* [Task brief]:
Please filter the data below down to the lines holding the string "TOBT".
=== Data for review ===
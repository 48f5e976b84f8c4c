//! What a milestone needs. Written by `bench/rows/rows.py`.
use crate::rows::{Row, is_answered};

static ROWS_1: [Row; 27] = [
    Row {
        shows: "milestone 2 needs 1",
        capacity: 100,
        starts: false,
        lines: r#"!/
$+2(10:15)
$+<
$+2(10:15)
"#,
        replies: r#"^
_203
^
^
"#,
    },
    Row {
        shows: "milestone 3 needs 1",
        capacity: 100,
        starts: false,
        lines: r#"!/
$+3(08:00)
$+<
$+3(08:00)
"#,
        replies: r#"^
_203
^
^
"#,
    },
    Row {
        shows: "milestone 4 needs 1",
        capacity: 100,
        starts: false,
        lines: r#"!/
%+4(09:10)
$+<
%+4(09:10)
"#,
        replies: r#"^
_203
^
^
"#,
    },
    Row {
        shows: "milestone 5 needs 1",
        capacity: 100,
        starts: false,
        lines: r#"!/
%+5(09:08)
$+<
%+5(09:08)
"#,
        replies: r#"^
_203
^
^
"#,
    },
    Row {
        shows: "milestone 6 needs 1",
        capacity: 100,
        starts: false,
        lines: r#"!/
%+6(09:00)
$+<
%+6(09:00)
"#,
        replies: r#"^
_203
^
^
"#,
    },
    Row {
        shows: "milestone 7 needs 1",
        capacity: 100,
        starts: false,
        lines: r#"!/
!+7(09:05)
$+<
%+6(09:00)
!+7(09:05)
"#,
        replies: r#"^
_203
^
^
^
"#,
    },
    Row {
        shows: "milestone 8 needs 1",
        capacity: 100,
        starts: false,
        lines: r#"!/
*+8(09:06)
$+<
%+6(09:00)
!+7(09:05)
*+8(09:06)
"#,
        replies: r#"^
_203
^
^
^
^
"#,
    },
    Row {
        shows: "milestone 9 needs 1",
        capacity: 100,
        starts: false,
        lines: r#"!/
*+9(10:00)
$+<
*+9(10:00)
"#,
        replies: r#"^
_203
^
^
"#,
    },
    Row {
        shows: "milestone 10 needs 1",
        capacity: 100,
        starts: false,
        lines: r#"!/
%+10(10:01)
$+<
*+9(10:00)
%+10(10:01)
"#,
        replies: r#"^
_203
^
^
^
"#,
    },
    Row {
        shows: "milestone 11 needs 1",
        capacity: 100,
        starts: false,
        lines: r#"!/
*+11(09:40)
$+<
*+9(10:00)
*+11(09:40)
"#,
        replies: r#"^
_203
^
^
^
"#,
    },
    Row {
        shows: "milestone 12 needs 1",
        capacity: 100,
        starts: false,
        lines: r#"!/
&+12(09:55)
$+<
*+9(10:00)
&+12(09:55)
"#,
        replies: r#"^
_203
^
^
^
"#,
    },
    Row {
        shows: "milestone 13 needs 1",
        capacity: 100,
        starts: false,
        lines: r#"!/
%+13(09:58)
$+<
*+9(10:00)
%+10(10:01)
%+13(09:58)
"#,
        replies: r#"^
_203
^
^
^
^
"#,
    },
    Row {
        shows: "milestone 14 needs 1",
        capacity: 100,
        starts: false,
        lines: r#"!/
%+14(10:02)
$+<
*+9(10:00)
%+10(10:01)
%+13(09:58)
%+14(10:02)
"#,
        replies: r#"^
_203
^
^
^
^
^
"#,
    },
    Row {
        shows: "milestone 15 needs 1",
        capacity: 100,
        starts: false,
        lines: r#"!/
%+15(10:03)
$+<
*+9(10:00)
%+10(10:01)
%+13(09:58)
%+14(10:02)
%+15(10:03)
"#,
        replies: r#"^
_203
^
^
^
^
^
^
"#,
    },
    Row {
        shows: "milestone 16 needs 1",
        capacity: 100,
        starts: false,
        lines: r#"!/
%+16(10:12)
$+<
*+9(10:00)
%+10(10:01)
%+13(09:58)
%+14(10:02)
%+15(10:03)
%+16(10:12)
"#,
        replies: r#"^
_203
^
^
^
^
^
^
^
"#,
    },
    Row {
        shows: "milestone 7 needs 6",
        capacity: 100,
        starts: true,
        lines: r#"!+7(09:05)
%+6(09:00)
!+7(09:05)
"#,
        replies: r#"^
^
_203
^
^
"#,
    },
    Row {
        shows: "milestone 8 needs 7",
        capacity: 100,
        starts: true,
        lines: r#"%+6(09:00)
*+8(09:06)
!+7(09:05)
*+8(09:06)
"#,
        replies: r#"^
^
^
_203
^
^
"#,
    },
    Row {
        shows: "milestone 13 needs 10",
        capacity: 100,
        starts: true,
        lines: r#"*+9(10:00)
%+13(09:58)
%+10(10:01)
%+13(09:58)
"#,
        replies: r#"^
^
^
_203
^
^
"#,
    },
    Row {
        shows: "milestone 14 needs 10",
        capacity: 100,
        starts: true,
        lines: r#"*+9(10:00)
%+14(10:02)
%+10(10:01)
%+13(09:58)
%+14(10:02)
"#,
        replies: r#"^
^
^
_203
^
^
^
"#,
    },
    Row {
        shows: "milestone 14 needs 13",
        capacity: 100,
        starts: true,
        lines: r#"*+9(10:00)
%+10(10:01)
%+14(10:02)
%+13(09:58)
%+14(10:02)
"#,
        replies: r#"^
^
^
^
_203
^
^
"#,
    },
    Row {
        shows: "milestone 15 needs 14",
        capacity: 100,
        starts: true,
        lines: r#"*+9(10:00)
%+10(10:01)
%+13(09:58)
%+15(10:03)
%+14(10:02)
%+15(10:03)
"#,
        replies: r#"^
^
^
^
^
_203
^
^
"#,
    },
    Row {
        shows: "milestone 16 needs 15",
        capacity: 100,
        starts: true,
        lines: r#"*+9(10:00)
%+10(10:01)
%+13(09:58)
%+14(10:02)
%+16(10:12)
%+15(10:03)
%+16(10:12)
"#,
        replies: r#"^
^
^
^
^
^
_203
^
^
"#,
    },
    Row {
        shows: "milestone 10 needs TOBT",
        capacity: 100,
        starts: true,
        lines: r#"%+10(10:01)
*+9(10:00)
*+9,"time":null}
%+10(10:01)
*+9(10:00)
%+10(10:01)
"#,
        replies: r#"^
^
_205
^
^
_205
^
^
"#,
    },
    Row {
        shows: "milestone 11 needs TOBT",
        capacity: 100,
        starts: true,
        lines: r#"*+11(09:40)
*+9(10:00)
*+9,"time":null}
*+11(09:40)
*+9(10:00)
*+11(09:40)
"#,
        replies: r#"^
^
_205
^
^
_205
^
^
"#,
    },
    Row {
        shows: "milestone 12 needs TOBT",
        capacity: 100,
        starts: true,
        lines: r#"&+12(09:55)
*+9(10:00)
*+9,"time":null}
&+12(09:55)
*+9(10:00)
&+12(09:55)
"#,
        replies: r#"^
^
_205
^
^
_205
^
^
"#,
    },
    Row {
        shows: "milestone 13 needs TSAT",
        capacity: 100,
        starts: true,
        lines: r#"*+9(10:00)
%+10(10:01)
*+9,"time":null}
%+13(09:58)
*+9(10:00)
%+13(09:58)
%+10(10:01)
%+13(09:58)
"#,
        replies: r#"^
^
^
^
^
_205
^
_205
^
^
"#,
    },
    Row {
        shows: "milestone 14 needs TSAT",
        capacity: 100,
        starts: true,
        lines: r#"*+9(10:00)
%+10(10:01)
%+13(09:58)
*+9,"time":null}
%+14(10:02)
*+9(10:00)
%+14(10:02)
%+10(10:01)
%+14(10:02)
"#,
        replies: r#"^
^
^
^
^
^
_205
^
_205
^
^
"#,
    },
];

#[test]
fn part_1(rt: HostRuntime) {
    for row in &ROWS_1 {
        is_answered(&rt, rt.alloc(), row);
    }
}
===
* [Finished exercise]:
        shows: "milestone 10 needs TOBT",
        shows: "milestone 11 needs TOBT",
        shows: "milestone 12 needs TOBT",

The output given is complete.